I received an email from a client this morning: “The Server is Down!” This is never what you want to see first thing in the morning.
So, I hopped on the server to check it out. Sure enough, the JRun instance the client’s site was running on had kicked the bucket. Users were seeing an error saying that the ColdFusion instance was unavailable (or something to that effect).
I tried to restart the ColdFusion instance in question, but it didn’t work. I simply received a message that the shutdown didn’t occur in a timely manner. Wonderful!
I have 6 instances of CF running on the server in question. The instance the client’s site is running on has had a bad habit of sucking up hundreds of megs of ram. So, it wasn’t hard to find it in the Task Manager and I was able to kill the process. Once the process was dead I could restart the service.
The thing is, recently, as I restarted processes on this server the applications in this instance have started timing out. For example this morning a Mach-II application timed out in a cfloop tag. Last week it was a model-glue application. Next week it’ll probably be something without a framework. It seems impossible to predict.
I have a few “suspicious” sites in the instance. One Model-Glue + Reactor site, one Mach-II site, a few instances of Blog CFC and some other sites with a pseudo-framework I wrote years ago.
I would speculate that the Reactor site might be part of the problem. Reactor caches a lot of stuff in memory. Maybe it just sucked up too much ram, choked, and died. So I moved the site to another instance to see what would happen. So far, nothing. This leads me to my gripe:
I really hate that there’s no way to easily take a look at one ColdFusion aplication and see how much ram it’s taking up, it’s relative load, and other related information.
Yes, I know there’s perfmon, but let’s face it, it’s useless. I’m not too familiar with metric data logging. Maybe there’s a way to indicate which application is causing which load, but I don’t think so. Either way, neither of these tools make this process easy.
I’d love to see a panel in the ColdFusion Administrator which reported the instance’s load, memory usage, database hits, etc. (Preferably in understandable language!) Then, I’d love to be able to drill down into that report to see which applications are causing the load. And, while I’m dreaming, I’d love to be able to watch running requests to see how long they’re taking and what load they’re causing. Perhaps the app would even be able to point out specific files, URLS or fragments of code that had the most impact on the server.

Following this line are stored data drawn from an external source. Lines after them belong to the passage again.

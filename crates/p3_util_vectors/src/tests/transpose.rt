//! Transposes, compared with worked examples and the original crate.

use crate::tests::calls::{Put, count_writes, split_on, transpose_slice, whole};
use crate::tests::checks::{Shape, check_places, check_transposed, equal, found, numbers, same};
use crate::tests::oracle::transposes::TRANSPOSES;
use crate::tests::oracle::{hash, items};
use p3_util::places::{SliceCells, Writes};
use p3_util::transpose::{
    Region, butterfly_4x4, butterfly_stage1, butterfly_stage2, fits_matrix, fits_square,
};
use p3_util_examples::uses::levels_of;
use std::alloc::Global;
use std::process::Abort;

/// The transpose of `input`, and the number of writes.
fn transposed(
    rt: &impl Abort,
    alloc: Global,
    call: Put,
    input: &[u64],
    shape: Shape,
) -> (Vec<u64>, u128) {
    let mut output = found(rt, vec![in alloc; 99; input.len()]);
    let writes = count_writes(rt, call, input, &mut SliceCells::new(&mut output), shape);
    (output, writes)
}

/// The same with the call on slices, which does not count writes.
fn transposed_slice(rt: &impl Abort, alloc: Global, input: &[u64], shape: Shape) -> Vec<u64> {
    let mut output = found(rt, vec![in alloc; 99; input.len()]);
    transpose_slice(rt, input, &mut output, shape);
    output
}

/// Width, height, matrices and their transposes.
const EXAMPLES: [(usize, usize, &[u64], &[u64]); 3] = [
    (3, 2, &[1, 2, 3, 4, 5, 6], &[1, 4, 2, 5, 3, 6]),
    (1, 6, &[1, 2, 3, 4, 5, 6], &[1, 2, 3, 4, 5, 6]),
    (0, 5, &[], &[]),
];

/// The result of each call on a matrix, with one write for each item, and the result of the call on
/// slices.
#[test]
fn worked_examples(rt: HostRuntime) {
    for &(width, height, input, wanted) in &EXAMPLES {
        let shape = Shape { width, height };
        for call in [
            Put::On,
            Put::SourceOn,
            Put::Region(whole(shape)),
            Put::Split(0),
            Put::SourceSplit(0),
        ] {
            let (output, writes) = transposed(&rt, rt.alloc(), call, input, shape);
            same(&rt, width, &output.as_slice(), &wanted);
            same(&rt, width, &writes, &(wanted.len() as u128));
        }
        let output = transposed_slice(&rt, rt.alloc(), input, shape);
        same(&rt, width, &output.as_slice(), &wanted);
    }
}

/// Matrices of the numbers from 0 on: widths, heights, numbers of writes, and some places with
/// their items.
const NUMBERED: [(usize, usize, u128, &[(usize, u64)]); 7] = [
    (15, 17, 255, &[(1, 15), (17, 1)]),
    (16, 16, 256, &[(1, 16), (16, 1)]),
    (17, 16, 272, &[(1, 17), (271, 271)]),
    (16, 17, 272, &[(1, 16), (271, 271)]),
    (17, 19, 323, &[(1, 17), (19, 1), (304, 16), (322, 322)]),
    (1024, 1024, 1_048_576, &[(1, 1024), (1024, 1)]),
    (1025, 1024, 1_049_600, &[(1, 1025), (1024, 1)]),
];

/// By the call on slices.
#[test]
fn hashes_of_the_original(rt: HostRuntime) {
    for &(width, height, wanted) in &TRANSPOSES {
        let shape = Shape { width, height };
        let input = items(&rt, rt.alloc(), shape.len());
        let output = transposed_slice(&rt, rt.alloc(), &input, shape);
        same(&rt, width, &hash(&output), &wanted);
    }
}

/// By the call that counts writes.
#[test]
fn numbered_items(rt: HostRuntime) {
    for &(width, height, wanted, places) in &NUMBERED {
        let shape = Shape { width, height };
        let input = numbers(&rt, rt.alloc(), shape.len());
        let (output, writes) = transposed(&rt, rt.alloc(), Put::On, &input, shape);
        same(&rt, width, &writes, &wanted);
        check_places(&rt, &output, places);
        check_transposed(&rt, &output, shape);
    }
}

/// Rows, columns, the levels that their split needs, and how many splits are nested.
const SPLITS: [(usize, usize, u32, u32); 6] = [
    (128, 128, 0, 0),
    (129, 128, 1, 1),
    (1000, 129, 4, 4),
    (2, 1000, 3, 0),
    (3, 1000, 3, 3),
    (1024, 1025, 7, 7),
];

/// With as many levels as it needs, and with 64.
#[test]
fn nested_splits(rt: HostRuntime) {
    for &(height, width, needed, nested) in &SPLITS {
        same(&rt, height, &levels_of(height, width), &needed);
        let shape = Shape { width, height };
        let input = numbers(&rt, rt.alloc(), shape.len());
        for call in [Put::Split(needed), Put::Split(64), Put::SourceSplit(64)] {
            let mut output = numbers(&rt, rt.alloc(), shape.len());
            let out = Writes::new(SliceCells::new(&mut output));
            let counts = split_on(&rt, call, &input, out, shape);
            same(&rt, height, &counts, &(shape.len() as u128, nested));
            check_transposed(&rt, &output, shape);
        }
    }
}

/// The rows of a block, those after the first stage, and those of the block's transpose.
const STAGES: [[[u8; 4]; 4]; 3] = [
    [[0, 1, 2, 3], [4, 5, 6, 7], [8, 9, 10, 11], [12, 13, 14, 15]],
    [[0, 4, 2, 6], [1, 5, 3, 7], [8, 12, 10, 14], [9, 13, 11, 15]],
    [[0, 4, 8, 12], [1, 5, 9, 13], [2, 6, 10, 14], [3, 7, 11, 15]],
];

/// Both stages of a block. Of a matrix, two rows of two items in its middle, and no row.
#[test]
fn blocks_and_regions(rt: HostRuntime) {
    let [block, first, turned] = STAGES;
    equal(&rt, &butterfly_stage1(block), &first);
    equal(&rt, &butterfly_stage2(first), &turned);
    equal(&rt, &butterfly_4x4(block), &turned);
    let input = numbers(&rt, rt.alloc(), 12);
    let shape = Shape::new(4, 3);
    let region = Region {
        row_start: 1,
        row_end: 3,
        col_start: 2,
        col_end: 4,
    };
    let wanted = [99u64, 99, 99, 99, 99, 99, 99, 6, 10, 99, 7, 11];
    let (output, writes) = transposed(&rt, rt.alloc(), Put::Region(region), &input, shape);
    equal(&rt, &writes, &4);
    equal(&rt, &output.as_slice(), &wanted.as_slice());
    let empty = Region {
        row_end: 1,
        ..region
    };
    let (_, writes) = transposed(&rt, rt.alloc(), Put::Region(empty), &input, shape);
    equal(&rt, &writes, &0);
}

/// The lengths of two lists, widths and heights, and whether both lists have as many items as such
/// a matrix.
const LENGTHS: [(usize, usize, usize, usize, bool); 4] = [
    (0, 0, 4_294_967_296, 4_294_967_296, false),
    (0, 0, 0, usize::MAX, true),
    (1, 0, 1, 1, false),
    (0, 0, 9_223_372_036_854_775_808, 2, false),
];

/// The length of a list, the base of a square, the logarithms of its stride and its side, and
/// whether the square lies in the list. In the last row, the sum for the last place would wrap to 0.
const SQUARES: [(usize, usize, usize, usize, bool); 12] = [
    (0, 0, 0, 0, false),
    (1, 0, 0, 0, true),
    (1, 1, 0, 0, false),
    (8, 2, 2, 1, true),
    (7, 2, 2, 1, false),
    (256, 0, 4, 4, true),
    (255, 0, 4, 4, false),
    (256, 0, 3, 4, false),
    (usize::MAX, 0, 64, 0, false),
    (usize::MAX, usize::MAX - 1, 63, 0, true),
    (usize::MAX, 0, 63, 63, false),
    (1, (1 << 63) - (1 << 33) + 1, 63, 33, false),
];

/// The rows and the columns of regions, each as a first one and the one after the last, and whether
/// the region lies in a matrix of 3 rows of 4 items.
const REGIONS: [([usize; 2], [usize; 2], bool); 8] = [
    ([0, 3], [0, 4], true),
    ([1, 1], [4, 4], true),
    ([3, 3], [0, 4], true),
    ([0, 4], [0, 4], false),
    ([0, 3], [0, 5], false),
    ([2, 1], [0, 4], false),
    ([0, 3], [3, 2], false),
    ([4, 4], [0, 0], false),
];

#[test]
fn conditions(rt: HostRuntime) {
    for (row, &(input, output, width, height, wanted)) in LENGTHS.iter().enumerate() {
        let fits = fits_matrix(input, output, width, height);
        same(&rt, row, &fits, &wanted);
    }
    for (row, &(len, base, log_stride, log_size, wanted)) in SQUARES.iter().enumerate() {
        let fits = fits_square(len, base, log_stride, log_size);
        same(&rt, row, &fits, &wanted);
    }
    for (row, &([row_start, row_end], [col_start, col_end], wanted)) in REGIONS.iter().enumerate() {
        let region = Region {
            row_start,
            row_end,
            col_start,
            col_end,
        };
        same(&rt, row, &region.fits(4, 3), &wanted);
    }
}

Ah, but I live in the real world where the best debugging tools we get are cfdump and cftimer.
I don’t have much of a strategy for fixing this problem. It looks like I’ll have to move my sites between CF instances and note both their apparent stability and memory usage. Maybe I can identify which application is sucking up all that ram. From there maybe I can track down which portion of the application is causing all that ram usage and I’ll be able to fix it.
Of course, that’s probably only one of many problems. And heck, every change has an impact. If I reduce memory usage I’ll probably slow the site down, which might cause queued requests and timeouts which would cause the server to do the same thing.)
Anyhow, I just wanted to get that out of my system. Any tips you care to share on how to beat this?